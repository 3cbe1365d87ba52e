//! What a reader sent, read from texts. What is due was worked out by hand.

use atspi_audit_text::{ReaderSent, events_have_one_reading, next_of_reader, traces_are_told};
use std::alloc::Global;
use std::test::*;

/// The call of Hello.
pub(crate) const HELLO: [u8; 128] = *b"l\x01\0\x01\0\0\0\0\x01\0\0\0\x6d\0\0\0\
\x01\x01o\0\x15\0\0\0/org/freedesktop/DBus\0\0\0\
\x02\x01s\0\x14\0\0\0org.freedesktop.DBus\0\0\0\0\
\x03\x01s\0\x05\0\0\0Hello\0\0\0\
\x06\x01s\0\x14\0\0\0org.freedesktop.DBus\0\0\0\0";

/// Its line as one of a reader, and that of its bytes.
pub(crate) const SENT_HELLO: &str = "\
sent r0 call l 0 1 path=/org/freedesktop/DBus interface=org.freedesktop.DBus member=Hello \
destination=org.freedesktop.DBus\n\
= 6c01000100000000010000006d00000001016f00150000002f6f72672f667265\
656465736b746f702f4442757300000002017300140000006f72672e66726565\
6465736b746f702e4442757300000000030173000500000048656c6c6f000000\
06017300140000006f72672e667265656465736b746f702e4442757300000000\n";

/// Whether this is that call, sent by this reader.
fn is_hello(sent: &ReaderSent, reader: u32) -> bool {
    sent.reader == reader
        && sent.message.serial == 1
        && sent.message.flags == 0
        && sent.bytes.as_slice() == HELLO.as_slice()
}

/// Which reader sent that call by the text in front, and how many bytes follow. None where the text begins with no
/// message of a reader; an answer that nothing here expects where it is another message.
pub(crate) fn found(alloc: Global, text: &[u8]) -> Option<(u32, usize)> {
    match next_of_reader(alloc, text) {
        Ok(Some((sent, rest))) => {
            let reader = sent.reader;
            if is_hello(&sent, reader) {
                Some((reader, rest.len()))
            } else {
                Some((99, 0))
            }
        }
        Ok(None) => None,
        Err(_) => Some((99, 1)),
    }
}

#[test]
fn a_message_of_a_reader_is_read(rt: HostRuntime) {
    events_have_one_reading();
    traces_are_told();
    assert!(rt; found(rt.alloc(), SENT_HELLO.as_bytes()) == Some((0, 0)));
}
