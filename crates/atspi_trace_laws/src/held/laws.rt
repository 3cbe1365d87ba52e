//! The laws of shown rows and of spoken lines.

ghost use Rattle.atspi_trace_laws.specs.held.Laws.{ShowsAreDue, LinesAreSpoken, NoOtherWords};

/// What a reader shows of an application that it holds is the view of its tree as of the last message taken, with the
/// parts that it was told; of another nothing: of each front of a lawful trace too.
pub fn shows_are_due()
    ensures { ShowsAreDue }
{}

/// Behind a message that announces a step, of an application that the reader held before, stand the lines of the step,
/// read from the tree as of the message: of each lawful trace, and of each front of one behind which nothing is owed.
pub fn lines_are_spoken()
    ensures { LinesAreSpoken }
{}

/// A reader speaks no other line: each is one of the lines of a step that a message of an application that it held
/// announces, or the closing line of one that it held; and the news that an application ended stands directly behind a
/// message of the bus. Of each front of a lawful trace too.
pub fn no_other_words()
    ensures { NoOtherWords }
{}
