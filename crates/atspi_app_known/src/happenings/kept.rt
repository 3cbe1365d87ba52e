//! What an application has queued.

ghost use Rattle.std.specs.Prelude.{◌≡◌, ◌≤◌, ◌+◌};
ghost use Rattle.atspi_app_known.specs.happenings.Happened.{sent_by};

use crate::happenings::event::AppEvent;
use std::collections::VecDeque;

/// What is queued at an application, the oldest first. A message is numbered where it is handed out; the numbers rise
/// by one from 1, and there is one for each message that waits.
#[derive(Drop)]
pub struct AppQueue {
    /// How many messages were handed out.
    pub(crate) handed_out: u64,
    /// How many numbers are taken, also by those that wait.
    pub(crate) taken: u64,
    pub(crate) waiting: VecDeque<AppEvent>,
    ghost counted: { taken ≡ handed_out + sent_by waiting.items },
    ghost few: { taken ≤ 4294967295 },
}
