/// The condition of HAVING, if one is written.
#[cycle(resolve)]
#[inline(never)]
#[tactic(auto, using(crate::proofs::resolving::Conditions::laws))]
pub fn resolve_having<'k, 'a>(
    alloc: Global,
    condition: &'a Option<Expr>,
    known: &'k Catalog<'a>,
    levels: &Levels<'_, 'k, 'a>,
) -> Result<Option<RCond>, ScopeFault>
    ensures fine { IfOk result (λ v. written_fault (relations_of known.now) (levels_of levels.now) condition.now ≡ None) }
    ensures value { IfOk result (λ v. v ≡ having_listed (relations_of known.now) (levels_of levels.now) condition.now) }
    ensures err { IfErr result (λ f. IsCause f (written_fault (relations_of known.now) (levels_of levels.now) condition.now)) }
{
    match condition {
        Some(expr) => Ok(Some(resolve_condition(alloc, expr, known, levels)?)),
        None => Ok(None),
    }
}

--

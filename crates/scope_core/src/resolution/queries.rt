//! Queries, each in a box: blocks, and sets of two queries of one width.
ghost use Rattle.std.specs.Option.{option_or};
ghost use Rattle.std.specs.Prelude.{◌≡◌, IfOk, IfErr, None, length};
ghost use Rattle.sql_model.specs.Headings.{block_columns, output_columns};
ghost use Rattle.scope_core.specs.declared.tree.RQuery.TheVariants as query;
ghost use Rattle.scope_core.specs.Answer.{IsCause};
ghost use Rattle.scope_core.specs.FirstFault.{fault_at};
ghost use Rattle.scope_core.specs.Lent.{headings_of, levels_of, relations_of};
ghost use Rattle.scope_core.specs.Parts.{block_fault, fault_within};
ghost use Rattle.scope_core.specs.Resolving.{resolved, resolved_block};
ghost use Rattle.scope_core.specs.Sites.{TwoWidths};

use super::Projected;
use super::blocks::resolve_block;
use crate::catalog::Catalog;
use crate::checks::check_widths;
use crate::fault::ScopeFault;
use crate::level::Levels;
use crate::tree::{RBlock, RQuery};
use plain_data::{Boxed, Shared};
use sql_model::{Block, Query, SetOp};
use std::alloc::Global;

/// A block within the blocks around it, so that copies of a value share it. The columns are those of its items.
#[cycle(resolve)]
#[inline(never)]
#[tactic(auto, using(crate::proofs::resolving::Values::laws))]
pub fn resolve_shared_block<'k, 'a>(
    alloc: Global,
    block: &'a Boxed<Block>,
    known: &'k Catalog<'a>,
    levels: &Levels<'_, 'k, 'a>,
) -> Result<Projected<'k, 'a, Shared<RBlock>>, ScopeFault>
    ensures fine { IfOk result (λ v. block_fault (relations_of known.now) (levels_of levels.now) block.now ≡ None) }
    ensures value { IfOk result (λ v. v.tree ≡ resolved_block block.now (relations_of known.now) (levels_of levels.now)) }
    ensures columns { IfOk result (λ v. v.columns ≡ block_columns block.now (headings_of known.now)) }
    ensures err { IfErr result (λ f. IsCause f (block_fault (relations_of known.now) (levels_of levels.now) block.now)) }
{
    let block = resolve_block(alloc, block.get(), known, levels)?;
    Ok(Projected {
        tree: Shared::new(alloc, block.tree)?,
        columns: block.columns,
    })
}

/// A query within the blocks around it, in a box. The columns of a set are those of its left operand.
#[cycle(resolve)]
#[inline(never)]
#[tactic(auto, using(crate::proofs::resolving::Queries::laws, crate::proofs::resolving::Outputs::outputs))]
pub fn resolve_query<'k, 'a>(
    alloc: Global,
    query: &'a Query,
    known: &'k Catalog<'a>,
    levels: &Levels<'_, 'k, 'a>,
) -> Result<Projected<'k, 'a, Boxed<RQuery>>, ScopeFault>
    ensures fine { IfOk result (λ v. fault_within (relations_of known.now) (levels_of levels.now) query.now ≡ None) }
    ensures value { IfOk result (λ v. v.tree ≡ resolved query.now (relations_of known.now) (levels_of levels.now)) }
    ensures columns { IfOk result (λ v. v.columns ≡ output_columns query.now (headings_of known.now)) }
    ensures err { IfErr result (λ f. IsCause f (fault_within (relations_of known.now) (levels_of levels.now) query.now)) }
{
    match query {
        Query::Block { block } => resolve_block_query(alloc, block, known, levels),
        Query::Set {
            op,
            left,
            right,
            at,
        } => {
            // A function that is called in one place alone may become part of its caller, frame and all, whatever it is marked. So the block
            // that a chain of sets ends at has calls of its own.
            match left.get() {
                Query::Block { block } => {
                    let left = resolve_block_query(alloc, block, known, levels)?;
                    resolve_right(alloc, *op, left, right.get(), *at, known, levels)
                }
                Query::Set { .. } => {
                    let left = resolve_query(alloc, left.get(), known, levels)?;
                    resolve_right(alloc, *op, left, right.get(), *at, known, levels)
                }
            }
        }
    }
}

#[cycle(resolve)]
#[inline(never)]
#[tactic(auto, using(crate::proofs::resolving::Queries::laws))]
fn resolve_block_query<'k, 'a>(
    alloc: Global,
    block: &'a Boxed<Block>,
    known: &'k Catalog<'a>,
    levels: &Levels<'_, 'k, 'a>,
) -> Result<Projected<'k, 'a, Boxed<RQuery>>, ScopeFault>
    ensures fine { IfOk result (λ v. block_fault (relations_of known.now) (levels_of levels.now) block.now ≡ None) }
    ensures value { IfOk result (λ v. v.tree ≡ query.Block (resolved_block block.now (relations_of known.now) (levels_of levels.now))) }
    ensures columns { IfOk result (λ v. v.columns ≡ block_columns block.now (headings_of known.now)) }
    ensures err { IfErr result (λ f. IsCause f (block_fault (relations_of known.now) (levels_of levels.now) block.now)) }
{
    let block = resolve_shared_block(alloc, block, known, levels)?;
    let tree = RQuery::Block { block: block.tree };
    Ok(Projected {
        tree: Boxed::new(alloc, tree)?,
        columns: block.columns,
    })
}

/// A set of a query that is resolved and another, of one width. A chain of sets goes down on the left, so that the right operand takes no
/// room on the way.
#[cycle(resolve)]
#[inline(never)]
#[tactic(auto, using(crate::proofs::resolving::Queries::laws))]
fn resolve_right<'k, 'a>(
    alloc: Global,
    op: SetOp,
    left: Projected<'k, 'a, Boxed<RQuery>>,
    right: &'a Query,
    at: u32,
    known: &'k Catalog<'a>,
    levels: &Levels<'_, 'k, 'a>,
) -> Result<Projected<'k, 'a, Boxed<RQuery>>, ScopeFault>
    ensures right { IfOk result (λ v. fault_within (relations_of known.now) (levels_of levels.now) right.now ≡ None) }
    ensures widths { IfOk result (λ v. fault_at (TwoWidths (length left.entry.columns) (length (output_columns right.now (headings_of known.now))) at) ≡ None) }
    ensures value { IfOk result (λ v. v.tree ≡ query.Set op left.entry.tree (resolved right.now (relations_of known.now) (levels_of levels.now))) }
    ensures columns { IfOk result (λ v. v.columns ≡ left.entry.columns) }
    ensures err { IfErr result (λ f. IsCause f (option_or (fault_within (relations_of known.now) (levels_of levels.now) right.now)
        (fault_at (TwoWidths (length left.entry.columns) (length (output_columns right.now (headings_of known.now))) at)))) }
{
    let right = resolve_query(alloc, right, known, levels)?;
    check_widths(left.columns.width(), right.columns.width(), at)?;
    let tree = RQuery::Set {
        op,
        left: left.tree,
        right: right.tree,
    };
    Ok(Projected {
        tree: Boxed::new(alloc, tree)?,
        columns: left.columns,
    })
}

__Task directions__
Find each line in the material above that carries the string "items", and copy it.

__Result of this task__
    ghost counted: { taken ≡ handed_out + sent_by waiting.items },
/// A block within the blocks around it, so that copies of a value share it. The columns are those of its items.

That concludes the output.